In honor of rare disease day later this week, I am raising awareness of some of the rare diseases as brief posts. Following on from past installments of “A rare disease a day” Hunter syndrome, Gaucher disease, Tay-Sachs, Morquio syndrome, Fabry disease, Sanfilippo syndrome, Krabbe Disease, Niemann-Pick Disease, Batten disease , Hurler Syndrome, Charcot-Marie-Tooth, Fibromuscular dysplasia, Huntington’s disease,  Giant Axonal Neuropathy (GAN). Neuroendocrine tumor, Amyloidosis it is now the turn of Lowe syndrome

Lowe Syndrome (also known as Oculocerebrorenal syndrome, OCRS)  severely affects the brain, eyes, kidneys, bones and muscles, leading to physical and mental impairment.  It is a rare ( estimated prevalence of 1 in 500,000 people)  X-linked recessive disorder characterized by congenital cataracts, hypotonia and areflexia, mental retardation, proximal tubular acidosis, aminoaciduria, phosphaturia, and low-molecular-weight proteinuria. Glaucoma is present in about 50% of cases. Lowe syndrome can be considered a cause of Fanconi syndrome (bicarbonaturia, renal tubular acidosis, aminoaciduria, phosphaturia, tubular proteinuria, and impaired urine-concentrating ability). While the disease is seen in males from early childhood currently there is no cure.

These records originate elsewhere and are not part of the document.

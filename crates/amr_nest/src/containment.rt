//! Whether boxes are nested.

ghost use Rattle.std.specs.Prelude.{◌≡◌, ◌<◌, ◌≤◌, ◌↔◌, ◌&&◌, ◌||◌, pos, ◌+ℤ◌, IfOk, IsTrue};
ghost use Rattle.std.specs.Int.{int_rem_euclid};
ghost use Rattle.std.specs.List.{All};
ghost use Rattle.amr_box.specs.declared.Cell.{Cell};
ghost use Rattle.amr_box.specs.Cells.{holds, in_boxes, parent};
ghost use Rattle.amr_def.specs.Domain.{domain_box, domain_of, in_domain, is_near};
ghost use Rattle.amr_def.specs.Facts.{IsAligned, IsNestedIn};
ghost use Rattle.amr_def.specs.State.{is_covered_by};
ghost use Rattle.amr_tags.specs.TagSets.{SameShape, has};
ghost use Rattle.amr_nest.specs.Reach.{IsInDomainBox, is_reached, is_reached_at};

use crate::reach::{domain_box, parents, reach_at};
use amr_box::Bx;
use amr_causes::NoMemory;
use amr_def::Dom;
use amr_tags::Tags;
use std::alloc::Global;

/// Whether the `fine` boxes are nested in the `coarse` ones, where `dom` is the domain of the coarse level. Then each
/// fine box begins and ends on multiples of the blocking factor. And each cell of the domain at most one away from a
/// parent of a fine cell, at a corner too, is in a coarse box. Past the end of a periodic axis the other end is looked
/// at; past the end of an open one there is nothing to cover (Berger and Colella).
///
/// The fine boxes lie in their domain. The coarse boxes are tagged and then the cells around the fine ones, which are to add
/// none: each box is gone over by rows of words. Memory is taken for two bits for each cell of the domain.
pub fn nested(
    alloc: Global,
    fine: &[Bx],
    coarse: &[Bx],
    dom: &Dom,
    blocking: u32,
) -> Result<bool, NoMemory>
    requires some { 1 ≤ blocking }
    requires inside { (c : Cell) → IsTrue (in_boxes fine.now c) → IsTrue (in_domain (domain_of dom.now) (parent c)) }
    ensures { IfOk result (λ yes. IsTrue yes ↔ IsNestedIn (domain_of dom.now) blocking fine.now coarse.now) }
{
    if !are_aligned(fine, blocking) {
        return Ok(false);
    }
    are_surrounded(alloc, fine, coarse, dom)
}

/// Whether a coordinate is a multiple of the blocking factor.
fn begins_block(z: i32, blocking: u32) -> bool
    requires { 1 ≤ blocking }
    ensures { IsTrue result ↔ (int_rem_euclid z (pos blocking) ≡ pos 0) }
{
    i64::from(z).rem_euclid(i64::from(blocking)) == 0
}

/// Whether a coordinate is one less than a multiple of the blocking factor.
fn ends_block(z: i32, blocking: u32) -> bool
    requires { 1 ≤ blocking }
    ensures { IsTrue result ↔ (int_rem_euclid (z +ℤ pos 1) (pos blocking) ≡ pos 0) }
{
    (i64::from(z) + 1).rem_euclid(i64::from(blocking)) == 0
}

/// Whether a box begins and ends on multiples of the blocking factor.
fn is_aligned(b: &Bx, blocking: u32) -> bool
    requires { 1 ≤ blocking }
    ensures { IsTrue result ↔ IsAligned blocking b.now }
{
    let (lo, hi) = (b.lo(), b.hi());
    let west = begins_block(lo.x, blocking);
    let south = begins_block(lo.y, blocking);
    let east = ends_block(hi.x, blocking);
    let north = ends_block(hi.y, blocking);
    (west & south) & (east & north)
}

/// Whether each of the boxes does.
fn are_aligned(boxes: &[Bx], blocking: u32) -> bool
    requires { 1 ≤ blocking }
    ensures { IsTrue result ↔ All (IsAligned blocking) boxes.now }
{
    for b in boxes {
        if !is_aligned(b, blocking) {
            return false;
        }
    }
    true
}

/// Whether each cell of the domain at most one away from a parent of a cell of the fine boxes is in a coarse box.
fn are_surrounded(alloc: Global, fine: &[Bx], coarse: &[Bx], dom: &Dom) -> Result<bool, NoMemory>
    requires { (c : Cell) → IsTrue (in_boxes fine.now c) → IsTrue (in_domain (domain_of dom.now) (parent c)) }
    ensures { IfOk result (λ yes. IsTrue yes
        ↔ ((c : Cell) → IsTrue (in_domain (domain_of dom.now) c) → IsTrue (is_near (domain_of dom.now) 1 (is_covered_by fine.now) c)
        → IsTrue (in_boxes coarse.now c))) }
{
    let mut tags = tagged(alloc, coarse, dom)?;
    let whole = tags.bx();
    let covered = tags.count_in(whole);
    tag_around(&mut tags, fine, dom);
    Ok(tags.count_in(whole) == covered)
}

/// The cells of boxes, as far as they lie in the domain.
fn tagged(alloc: Global, boxes: &[Bx], dom: &Dom) -> Result<Tags, NoMemory>
    ensures in_box { IfOk result (λ t. t.bx ≡ domain_box (domain_of dom.now)) }
    ensures cells { IfOk result (λ t. (c : Cell) → has t c ≡ (holds (domain_box (domain_of dom.now)) c && in_boxes boxes.now c)) }
{
    let mut tags = Tags::make(alloc, domain_box(dom), false, false)?;
    for b in boxes {
        tags.set_in(*b);
    }
    Ok(tags)
}

/// Tags the cells of the domain at most one away from a parent of a cell of the boxes.
fn tag_around(tags: &mut Tags, boxes: &[Bx], dom: &Dom)
    requires in_box { tags.old.bx ≡ domain_box (domain_of dom.now) }
    requires inside { (c : Cell) → IsTrue (in_boxes boxes.now c) → IsTrue (in_domain (domain_of dom.now) (parent c)) }
    ensures shape { SameShape tags.old tags.new }
    ensures cells { (c : Cell) → has tags.new c
        ≡ (has tags.old c || (holds (domain_box (domain_of dom.now)) c && is_near (domain_of dom.now) 1 (is_covered_by boxes.now) c)) }
{
    for b in boxes {
        tag_reach(tags, &parents(b, dom), dom);
    }
}

/// Tags the cells at most one away from a box of the domain.
fn tag_reach(tags: &mut Tags, b: &Bx, dom: &Dom)
    requires { IsInDomainBox (domain_of dom.now) b.now }
    ensures shape { SameShape tags.old tags.new }
    ensures cells { (c : Cell) → has tags.new c ≡ (has tags.old c || (holds tags.old.bx c && is_reached (domain_of dom.now) b.now 9 c)) }
{
    for k in 0..9 {
        tag_reach_at(tags, b, dom, k);
    }
}

/// The same at turn `k` alone.
fn tag_reach_at(tags: &mut Tags, b: &Bx, dom: &Dom, k: u32)
    requires inside { IsInDomainBox (domain_of dom.now) b.now }
    requires turn { k < 9 }
    ensures shape { SameShape tags.old tags.new }
    ensures cells { (c : Cell) → has tags.new c ≡ (has tags.old c || (holds tags.old.bx c && is_reached_at (domain_of dom.now) b.now k c)) }
{
    match reach_at(b, dom, k) {
        None => {}
        Some(reached) => tags.set_in(reached),
    }
}
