//! The cells of a domain at most one away from a box of it, by boxes. Past the end of a periodic axis the box is moved
//! by a whole domain.

ghost use Rattle.std.specs.Prelude.{◌≡◌, ◌<◌, ◌≤◌, ◌%◌, ◌/◌, ◌&&◌, false, pos, negsuc, ◌≤ℤ◌, IfNone, IfSome, IsTrue};
ghost use Rattle.amr_box.specs.declared.Cell.{Cell};
ghost use Rattle.amr_box.specs.Cells.{IsNear, IsProper, holds, parent, parents_of};
ghost use Rattle.amr_def.specs.Domain.{domain_box, domain_of, in_domain};
ghost use Rattle.amr_nest.specs.Reach.{IsInDomainBox, is_reached_at, is_turn, moved_reach, shift};

use amr_box::{Bx, Cell, parent};
use amr_def::Dom;

/// By how much a turn moves along an axis of `n` cells.
#[tactic(auto, using(crate::proofs::Turns::turns))]
fn shift(n: u32, turn: u32) -> i32
    requires few { n ≤ 4096 }
    requires turn { turn < 3 }
    ensures value { result ≡ shift n turn }
    ensures low { negsuc 4095 ≤ℤ result }
    ensures high { result ≤ℤ pos 4096 }
{
    (n * turn) as i32 - n as i32
}

/// Whether an axis has a turn.
fn is_turn(wrap: bool, turn: u32) -> bool
    ensures { result ≡ is_turn wrap turn }
{
    wrap || turn == 1
}

/// Whether both axes have their turns.
fn has_turns(dom: &Dom, k: u32) -> bool
    ensures { result ≡ (is_turn dom.now.wrap_x (k % 3) && is_turn dom.now.wrap_y (k / 3)) }
{
    is_turn(dom.wrap_x, k % 3) && is_turn(dom.wrap_y, k / 3)
}

/// The parents of the cells of a box, where they lie in the domain.
pub fn parents(b: &Bx, dom: &Dom) -> Bx
    requires { (c : Cell) → IsTrue (holds b.now c) → IsTrue (in_domain (domain_of dom.now) (parent c)) }
    ensures value { result ≡ parents_of b.now }
    ensures inside { IsInDomainBox (domain_of dom.now) (parents_of b.now) }
    ensures proper { IsProper b.now }
{
    let _domain = dom.wrap_x;
    let (lo, hi) = (parent(b.lo()), parent(b.hi()));
    Bx::try_new(lo, hi).unwrap()
}

/// The domain as a box: its corners lie from 0 to 4095.
#[tactic(auto, using(crate::proofs::Sizes::two_doubled))]
pub fn domain_box(dom: &Dom) -> Bx
    ensures value { result ≡ domain_box (domain_of dom.now) }
    ensures near { IsNear result }
{
    let hi = Cell {
        x: dom.columns() as i32 - 1,
        y: dom.rows() as i32 - 1,
    };
    Bx::try_new(Cell { x: 0, y: 0 }, hi).unwrap()
}

/// The box, grown by one cell and moved by turn `i` of x and turn `j` of y.
fn moved_reach(b: &Bx, dom: &Dom, i: u32, j: u32) -> Bx
    requires inside { IsInDomainBox (domain_of dom.now) b.now }
    requires x_turn { i < 3 }
    requires y_turn { j < 3 }
    ensures { result ≡ moved_reach (domain_of dom.now) i j b.now }
{
    let x = shift(dom.columns(), i);
    let y = shift(dom.rows(), j);
    let (low, high) = (b.lo(), b.hi());
    let lo = Cell {
        x: low.x - 1 + x,
        y: low.y - 1 + y,
    };
    let hi = Cell {
        x: high.x + 1 + x,
        y: high.y + 1 + y,
    };
    Bx::try_new(lo, hi).unwrap()
}

/// The cells of the domain at most one away from a box of it at turn `k`, None where there are none.
pub fn reach_at(b: &Bx, dom: &Dom, k: u32) -> Option<Bx>
    requires inside { IsInDomainBox (domain_of dom.now) b.now }
    requires turn { k < 9 }
    ensures some { IfSome result (λ r. (c : Cell) → is_reached_at (domain_of dom.now) b.now k c ≡ holds r c) }
    ensures near { IfSome result IsNear }
    ensures none { IfNone result ((c : Cell) → is_reached_at (domain_of dom.now) b.now k c ≡ false) }
{
    if !has_turns(dom, k) {
        return None;
    }
    let moved = moved_reach(b, dom, k % 3, k / 3);
    domain_box(dom).meet(&moved)
}
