//! The projection of finer boxes.

ghost use Rattle.std.specs.Prelude.{◌≡◌, ◌<◌, ◌&&◌, ◌||◌, IfOk, IsTrue};
ghost use Rattle.amr_box.specs.declared.Cell.{Cell};
ghost use Rattle.amr_box.specs.Cells.{IsNear, has_child_where, holds, in_boxes, parent};
ghost use Rattle.amr_def.specs.Domain.{domain_box, domain_of, in_blocks, in_domain};
ghost use Rattle.amr_def.specs.NewBoxes.{is_projected};
ghost use Rattle.amr_tags.specs.TagSets.{SameShape, has};
ghost use Rattle.amr_nest.specs.Reach.{IsInDomainBox, is_reached, is_reached_at};

use crate::reach::{parents, reach_at};
use amr_box::{Bx, Cell};
use amr_causes::NoMemory;
use amr_def::Dom;
use amr_tags::Tags;
use std::alloc::Global;

/// The projection of the boxes of level `l + 2`, where `dom` is the domain of level `l + 1`. It is the cells of level
/// `l` that are parents of cells at most one away from a parent of a cell of the boxes. Past the end of a periodic axis
/// that goes on at the other end. Tagged, they make new boxes of level `l + 1` in which those of `l + 2` are nested
/// (Berger and Colella).
///
/// The boxes lie in their domain. A box is gone over by at most nine boxes of words, and no cell by itself.
pub fn project(alloc: Global, boxes: &[Bx], dom: &Dom) -> Result<Tags, NoMemory>
    requires { (c : Cell) → IsTrue (in_boxes boxes.now c) → IsTrue (in_domain (domain_of dom.now) (parent c)) }
    ensures in_box { IfOk result (λ t. t.bx ≡ domain_box (in_blocks 2 (domain_of dom.now))) }
    ensures axes { IfOk result (λ t. (t.wrap_x ≡ dom.now.wrap_x) × (t.wrap_y ≡ dom.now.wrap_y)) }
    ensures cells { IfOk result (λ t. (c : Cell) → has t c ≡ (in_domain (in_blocks 2 (domain_of dom.now)) c && is_projected (domain_of dom.now) boxes.now c)) }
{
    let mut tags = Tags::make(alloc, coarser_box(dom), dom.wrap_x, dom.wrap_y)?;
    for b in boxes {
        tag_around(&mut tags, &parents(b, dom), dom);
    }
    Ok(tags)
}

/// The domain of the next coarser level as a box.
#[tactic(auto, using(crate::proofs::Sizes::two_doubled))]
fn coarser_box(dom: &Dom) -> Bx
    ensures value { result ≡ domain_box (in_blocks 2 (domain_of dom.now)) }
    ensures near { IsNear result }
{
    let hi = Cell {
        x: (dom.columns() / 2) as i32 - 1,
        y: (dom.rows() / 2) as i32 - 1,
    };
    Bx::try_new(Cell { x: 0, y: 0 }, hi).unwrap()
}

/// Tags the parents of the cells at most one away from a box of the domain.
fn tag_around(tags: &mut Tags, b: &Bx, dom: &Dom)
    requires { IsInDomainBox (domain_of dom.now) b.now }
    ensures shape { SameShape tags.old tags.new }
    ensures cells { (c : Cell) → has tags.new c ≡ (has tags.old c || (holds tags.old.bx c && has_child_where (is_reached (domain_of dom.now) b.now 9) c)) }
{
    for k in 0..9 {
        tag_turn(tags, b, dom, k);
    }
}

/// The same at turn `k` alone.
fn tag_turn(tags: &mut Tags, b: &Bx, dom: &Dom, k: u32)
    requires inside { IsInDomainBox (domain_of dom.now) b.now }
    requires turn { k < 9 }
    ensures shape { SameShape tags.old tags.new }
    ensures cells { (c : Cell) → has tags.new c ≡ (has tags.old c || (holds tags.old.bx c && has_child_where (is_reached_at (domain_of dom.now) b.now k) c)) }
{
    match reach_at(b, dom, k) {
        None => {}
        Some(reached) => tags.set_in(reached.coarsen2()),
    }
}
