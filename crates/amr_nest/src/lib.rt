//! Proper nesting (Berger and Colella 1989): a finer level lies at least one cell inside the next coarser one, but at the
//! physical boundary.
//!
//! - `project`: the cells that have to be covered so that the boxes two levels above are nested.
//! - `nested`: whether the boxes of a level are nested in those of the next coarser level.
//! - `domain_box`: the domain of a level as a box.
#![tactic(auto)]

mod containment;
mod projection;
mod reach;

pub use containment::nested;
pub use projection::project;
pub use reach::domain_box;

This syndrome is caused by mutations in the OCRL1 gene which encodes a inositol polyphosphate-5-phosphatase. At least one reported mechanism by which these mutations cause this syndrome is by loss of its Rab binding domain. This protein is associated with the primary cilia of the retinal pigment epithelial cells, fibroblasts and kidney tubular cells. This suggests that this syndrome is due to dysfunction of the cilia in these cells. A crystal structure of OCRL1 and Rab8 was published in 2012. This study also suggested the OCRL1/Rab8 module could be involved in neurite outgrowth and synaptic transmission which shape the nervous system. Defects in primary cilia formation occur in Bardet- Biedl syndrome or polycystic kidney disease as well. A zebrafish model of Lowe syndrome could be used to screen for treatments e.g. gene therapy etc, while a knock-out (OCRL1) mouse also exists.

The longest reported survival of a patient with the disease as of 2006 was a 54 year old. Some useful patient support groups can be found at Rare Connect.